EFE (Ethylene Forming Enzyme - 2-Oxoglutarate Oxygenase/Decarboxylase) is our keyplayer in triggering fruit ripening. It catalyzes ethylene synthesis from 2-Oxoglutarate, a TCA cycle intermediate molecule (Goto M., Plant and Cell Physiology 2012, 26: 141-150).

Ethylene pathway

We characterized this gene in two chassis: E. coli and B. subtilis, using different constructs that we designed.

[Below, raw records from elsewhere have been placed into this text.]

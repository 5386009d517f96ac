// This file tests at which line a limit stops a run, alone and as a request.

use crate::tests::shared::{DEFAULT_MEMORY, expect_same, loaded, plain_rules};
use ptb_machine::{Ending, RunEnd, RunFault, run_plain_to_end, run_seeded_to_end};
use ptb_options::{Mode, Request};
use ptb_serve::{Outcome, serve};
use ptb_text::{Device, Program};
use std::alloc::Global;
use std::process::Abort;
use std::test::Fail;

// The fourth command of a run is at line 20, the fifth and the sixth are at line 30.
const STEPS: &str = "10 P.#1,RND(2);P.#1,RND(2);A=1\n20 P.3\n30 A=2;A=3\n";

// A limit, the ending, the line at which it stops the run, and the status.
const ROWS: &[(u32, Ending, Option<u16>, u8)] = &[
    (0, Ending::Limit, Some(10), 4),
    (1, Ending::Limit, Some(10), 4),
    (3, Ending::Limit, Some(20), 4),
    (4, Ending::Limit, Some(30), 4),
    (5, Ending::Limit, Some(30), 4),
    (6, Ending::End, None, 0),
];

// How a run with the answers 2 and 1 ends, and where.
fn end_by_list(alloc: Global, program: &Program, limit: u32) -> Result<RunEnd, RunFault> {
    let mut input = Device::new(&b""[..]);
    let mut shown = Vec::new(alloc);
    let mut out = Device::new(&mut shown);
    let rules = plain_rules(limit);
    run_plain_to_end(alloc, program, &[2, 1], rules, &mut input, &mut out)
}

// The same by a seed.
fn end_by_seed(alloc: Global, program: &Program, limit: u32) -> Result<RunEnd, RunFault> {
    let mut input = Device::new(&b""[..]);
    let mut shown = Vec::new(alloc);
    let mut out = Device::new(&mut shown);
    let rules = plain_rules(limit);
    run_seeded_to_end(alloc, program, 7, rules, &mut input, &mut out)
}

#[test]
fn ends(rt: HostRuntime) -> Result<(), Fail> {
    let (program, _) = loaded(rt.alloc(), STEPS, "")?;
    for &(limit, ending, line, _) in ROWS {
        let due = Ok(RunEnd { ending, line });
        expect_same(&rt, "a list", end_by_list(rt.alloc(), &program, limit), due);
        expect_same(&rt, "a seed", end_by_seed(rt.alloc(), &program, limit), due);
    }
    Ok(())
}

// What comes of a request for this program.
fn served(alloc: Global, mode: Mode, limit: u32) -> Outcome {
    let request = Request {
        rules: plain_rules(limit),
        memory: DEFAULT_MEMORY,
        mode,
    };
    let (mut program, mut input) = (Device::new(STEPS.as_bytes()), Device::new(&b""[..]));
    let mut shown = Vec::new(alloc);
    let mut out = Device::new(&mut shown);
    serve(alloc, &request, &mut program, &mut input, &mut out)
}

// A request ends so, and its limit stops the run at this line.
fn expect_stop(rt: &impl Abort, name: &str, outcome: Outcome, line: Option<u16>, status: u8) {
    let due = Outcome {
        status,
        note: None,
        mismatch: None,
        line,
    };
    expect_same(rt, name, outcome, due);
}

#[test]
fn requests(rt: HostRuntime) -> Result<(), Fail> {
    for &(limit, _, line, status) in ROWS {
        let outcome = served(rt.alloc(), Mode::Seeded(7), limit);
        expect_stop(&rt, "a run", outcome, line, status);
    }
    let listing = served(rt.alloc(), Mode::List, 0);
    expect_stop(&rt, "a listing", listing, None, 0);
    let shares = Mode::Shares {
        answers: 1,
        form: ptb_explore::Form::Two,
    };
    expect_stop(&rt, "shares", served(rt.alloc(), shares, 1), None, 0);
    Ok(())
}
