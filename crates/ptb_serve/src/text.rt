// This file has the listing of a program's text.

ghost use Rattle.ptb_options.specs.declared.request.Mode.TheVariants.{List};
ghost use Rattle.ptb_machine.specs.Streams.{writes_of};
ghost use Rattle.ptb_serve.specs.LoadedPrograms.{IsServedUnread};

use crate::note::Note;
use ptb_text::{Program, Write, list};

/// Writes a program's text. The status is 0. Nothing is run, and no memory is taken.
///
/// # Errors
///
/// [`Note::Unwritten`] where the writer failed: a prefix of the listing was written.
pub fn list_text<W: Write>(program: &Program, out: &mut W) -> Result<u8, Note>
    ensures { IsServedUnread List program.now
        (writes_of W.contents W.failures out.old out.new) result }
{
    list(program, out)?;
    Ok(0)
}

EFE in E. coli E. coli EFE parts

In E. coli, EFE-catalyzed ethylene production was characterized using BBa_K1065001, which is a composed part with EFE under the control of an araC-pBAD promoter.

Ethylene detection

Ethylene production was detected using a Micro Gas Chromatograph (see the protocol page for the adopted methodology, Figure 1). The instrument was calibrated using two different air mixtures with well-defined quantities of each molecule (carbon dioxide, oxygen and ethylene).

Ethylene chromatogram Fig. 1: Ethylene production. Cells transformed with BBa_K1065001 were grown in a thermoshaker until an O.D. of 0.5, placed in hermetically closed vial with a rubber septum and induced with 5 mM arabinose. Ethylene was measured after 4 hours of induction at 37 °C by connecting the vial to an Agilent Micro GC 3000.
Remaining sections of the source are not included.